// Collector: a client that removes the versions below the floor, and the parts that merges up to it took.
ghost use Rattle.std.specs.Prelude.{◌≡◌, ◌<◌, ◌≤◌, ◌^◌, ℕ, Option, Ok, Err, None, Some, IsSome, IfOk, IfSome, OnErr, OnOk};
ghost use Rattle.std.specs.Prelude.{is_some, length, option_copied};
ghost use Rattle.causes.specs.Causes.{Rose};
ghost use Rattle.store_core.specs.Histories.{History, IsReplyTo};
ghost use Rattle.load_core.specs.declared.polls.Poll.TheVariants as polls;
ghost use Rattle.load_core.specs.Fronts.{Backwards, WhereLawful};
ghost use Rattle.machine_core.specs.Polling.{CostGoesOn, FollowsWhere, LegalWhere, Polled, Unpolled};
ghost use Rattle.maint_client.specs.Sweeping.{IsSweep, sweep_call};
ghost use Rattle.maint_client.specs.Collecting.{Begins, GoesTo, IsOpen, IsSound, Moves, MovesBy, Wants};
ghost use Rattle.maint_client.specs.Collecting.{call_after, collecting, counted};

use crate::sweeps::Sweep;
use history_core::{Asked, CollectAnswer};
use load_core::{BeginFault, Poll, Unread};
use machine_core::Machine;
use std::alloc::{AllocError, Global};
use store_core::{Call, Port, Reply, ShardId, Version};

/// A collector of one shard. It has no member. A collection is begun and then polled until it ends; each poll makes at most one
/// call of the store.
#[derive(Drop)]
pub struct Collector {
    /// The shard's name.
    pub shard: ShardId,
    /// What is asked, where a collection is open.
    pub asked: Option<Asked>,
    /// What is left of it, once its Scan is answered.
    pub sweep: Option<Sweep>,
    /// How many calls it has made, or else the last one.
    pub calls: u64,
}

impl Collector {
    /// A collector of the shard. It takes no memory.
    pub fn new(shard: ShardId) -> Collector
        ensures idle { result.asked ≡ None }
        ensures shard { result.shard ≡ shard }
        ensures sound { IsSound result }
        ensures follows { (client : ℕ) (front : Option History) → FollowsWhere collecting client front result }
    {
        Collector {
            shard,
            asked: None,
            sweep: None,
            calls: 0,
        }
    }

    /// Whether a collection is open.
    pub fn busy(&self) -> bool
        ensures { result ≡ is_some self.now.asked }
    {
        self.asked.is_some()
    }

    /// What is asked, where a collection is open.
    pub fn asked(&self) -> Option<&Asked>
        ensures { option_copied result ≡ self.now.asked }
    {
        self.asked.as_ref()
    }

    /// How many calls of the store the polls of the open collection have made, or else those of the last one. It stands still at
    /// 2^64 - 1.
    pub fn calls(&self) -> u64
        ensures { result ≡ self.now.calls }
    {
        self.calls
    }

    /// Begins to remove what lies below the floor. The fault is Open (a collection is open); the collector is then as it was. It
    /// takes no memory.
    pub fn begin_collect(&mut self) -> Result<(), BeginFault>
        requires { IsSound self.old }
        ensures begins { Begins self.old self.new result }
        ensures sound { IsSound self.new }
        ensures follows { (client : ℕ) (front : Option History) → FollowsWhere collecting client front self.old
            → FollowsWhere collecting client front self.new }
        ensures cost { OnOk result ((base client : ℕ) (front : Option History) → 2 ≤ base
            → WhereLawful self.new.shard front (Backwards (collecting.CostAt base client self.new))) }
    {
        if self.asked.is_some() {
            return Err(BeginFault::Open);
        }
        self.asked = Some(Asked::Collect);
        self.sweep = None;
        self.calls = 0;
        Ok(())
    }

    /// Goes on with the open collection by one call of the store, through this port, unless the port finds the store taken.
    /// See docs/DEFINITIONS.md, "Polls". It fails only for want of memory: the collection stays open, nothing was changed in the
    /// store, and the next poll makes the same call again.
    pub fn poll<P: Port>(
        &mut self,
        alloc: Global,
        port: &mut P,
    ) -> Result<Poll<CollectAnswer>, AllocError>
        requires open { IsOpen self.old }
        requires sound { IsSound self.old }
        // Over each told front that is lawful and starts as a collection, the collector follows from the client's own entries.
        requires follows { FollowsWhere collecting (P.client port.old) (P.front port.old) self.old }
        // At most one call is made, one that the client may make, and its reply comes to this.
        ensures polled { IfOk result (λ poll. Polled collecting (P.client port.old) (P.front port.old) (P.front port.new)
            self.old self.new poll) }
        ensures memory { OnErr result (Unpolled collecting (P.client port.old) (P.front port.old) (P.front port.new)
            self.old self.new) }
        ensures sound { IsSound self.new }
        ensures follows { FollowsWhere collecting (P.client port.old) (P.front port.new) self.new }
        // Each answer is legal at the end of the front, and nothing is damaged there.
        ensures legal { IfOk result (λ poll. LegalWhere collecting (P.client port.old) (P.front port.new)
            self.old self.new poll) }
        // The bound on the calls is kept.
        ensures cost { IfOk result (λ poll. CostGoesOn collecting (P.client port.old) (P.front port.old) (P.front port.new)
            self.old self.new poll) }
        ensures busy { result ≡ Ok polls.Busy → P.misses port.old < P.misses port.new }
        ensures fault { result ≡ Ok polls.Fault → Rose (P.faults port.old) (P.faults port.new) }
        ensures faults { P.faults port.old ≤ P.faults port.new }
        ensures misses { P.misses port.old ≤ P.misses port.new }
        ensures client { P.client port.new ≡ P.client port.old }
        ensures kept { P.kept port.new ≡ P.kept port.old }
    {
        machine_core::poll(self, alloc, port)
    }

    // One call more was made.
    fn count(&mut self)
        ensures { self.new ≡ counted self.old }
    {
        self.calls = self.calls.saturating_add(1);
    }

    // Goes on with what is left, or ends where nothing is.
    fn go_on(&mut self, sweep: Sweep) -> Poll<CollectAnswer>
        requires within { sweep.place ≤ length sweep.keys }
        requires few { length sweep.keys ≤ 2 ^ 62 }
        requires sound { IsSound self.old }
        ensures goes { GoesTo self.old sweep self.new result }
        ensures sound { IsSound self.new }
    {
        self.count();
        if sweep.goes_on() {
            self.sweep = Some(sweep);
            return Poll::More;
        }
        self.asked = None;
        self.sweep = None;
        Poll::Done(CollectAnswer::Collected {
            floor: sweep.floor,
            deleted: sweep.place as u64,
        })
    }

    // What a reply to the Scan comes to.
    fn after_scan(&mut self, alloc: Global, reply: Reply) -> Result<Poll<CollectAnswer>, AllocError>
        requires scans { self.old.sweep ≡ None }
        requires row { IsReplyTo (Call.Scan self.old.shard 0) reply }
        requires sound { IsSound self.old }
        ensures moves { IfOk result (λ poll. MovesBy self.old None reply self.new poll) }
        ensures sound { IsSound self.new }
        ensures memory { OnErr result (Wants self.old self.new) }
    {
        match reply {
            Reply::Versions(versions) => self.after_versions(alloc, versions.as_slice()),
            _ => {
                self.count();
                Ok(Poll::Fault)
            }
        }
    }

    // What the versions that the Scan shows come to.
    fn after_versions(
        &mut self,
        alloc: Global,
        versions: &[Version],
    ) -> Result<Poll<CollectAnswer>, AllocError>
        requires scans { self.old.sweep ≡ None }
        requires sound { IsSound self.old }
        ensures sound { IsSound self.new }
        ensures moves { IfOk result (λ poll. MovesBy self.old None (Reply.Versions versions.now) self.new poll) }
        ensures memory { OnErr result (Wants self.old self.new) }
    {
        match Sweep::of(alloc, self.shard, versions) {
            Ok(sweep) => Ok(self.go_on(sweep)),
            Err(Unread::Damaged(damage)) => {
                self.count();
                self.asked = None;
                Ok(Poll::Damaged(damage))
            }
            Err(Unread::Memory) => {
                self.count();
                Err(AllocError)
            }
        }
    }

    // What a reply to a Delete or a Truncate comes to.
    fn after_change(&mut self, sweep: Sweep, reply: Reply) -> Poll<CollectAnswer>
        requires scans { self.old.sweep ≡ None }
        requires row { IsReplyTo (sweep_call self.old.shard sweep) reply }
        requires sound { IsSound (record self.old { sweep = Some sweep }) }
        ensures moves { MovesBy (record self.old { sweep = Some sweep }) (Some sweep) reply self.new result }
        ensures sound { IsSound self.new }
    {
        let mut sweep = sweep;
        match reply {
            Reply::Deleted | Reply::Truncated => {
                sweep.pass();
                self.go_on(sweep)
            }
            _ => {
                self.count();
                self.sweep = Some(sweep);
                Poll::Fault
            }
        }
    }
}

impl Machine for Collector {
    type Answer = CollectAnswer;

    ghost words = { collecting };

    fn prepare(&mut self, _alloc: Global) -> Result<(), AllocError> {
        Ok(())
    }

    fn next_call(&self) -> Result<Call, AllocError> {
        match &self.sweep {
            Some(sweep) => Ok(sweep.next_call(self.shard)),
            None => Ok(Call::Scan {
                shard: self.shard,
                from: 0,
            }),
        }
    }

    fn react(&mut self, alloc: Global, reply: Reply) -> Result<Poll<CollectAnswer>, AllocError> {
        match self.sweep.take() {
            Some(sweep) => Ok(self.after_change(sweep, reply)),
            None => self.after_scan(alloc, reply),
        }
    }
}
......
- **Task description**
Your task is to retype the entries verbatim, starting with the line that holds "GoesTo self.old sweep" and stopping after the line that holds "Scan comes to.".

- **Answer box**
        ensures goes { GoesTo self.old sweep self.new result }
        ensures sound { IsSound self.new }
    {
        self.count();
        if sweep.goes_on() {
            self.sweep = Some(sweep);
            return Poll::More;
        }
        self.asked = None;
        self.sweep = None;
        Poll::Done(CollectAnswer::Collected {
            floor: sweep.floor,
            deleted: sweep.place as u64,
        })
    }

    // What a reply to the Scan comes to.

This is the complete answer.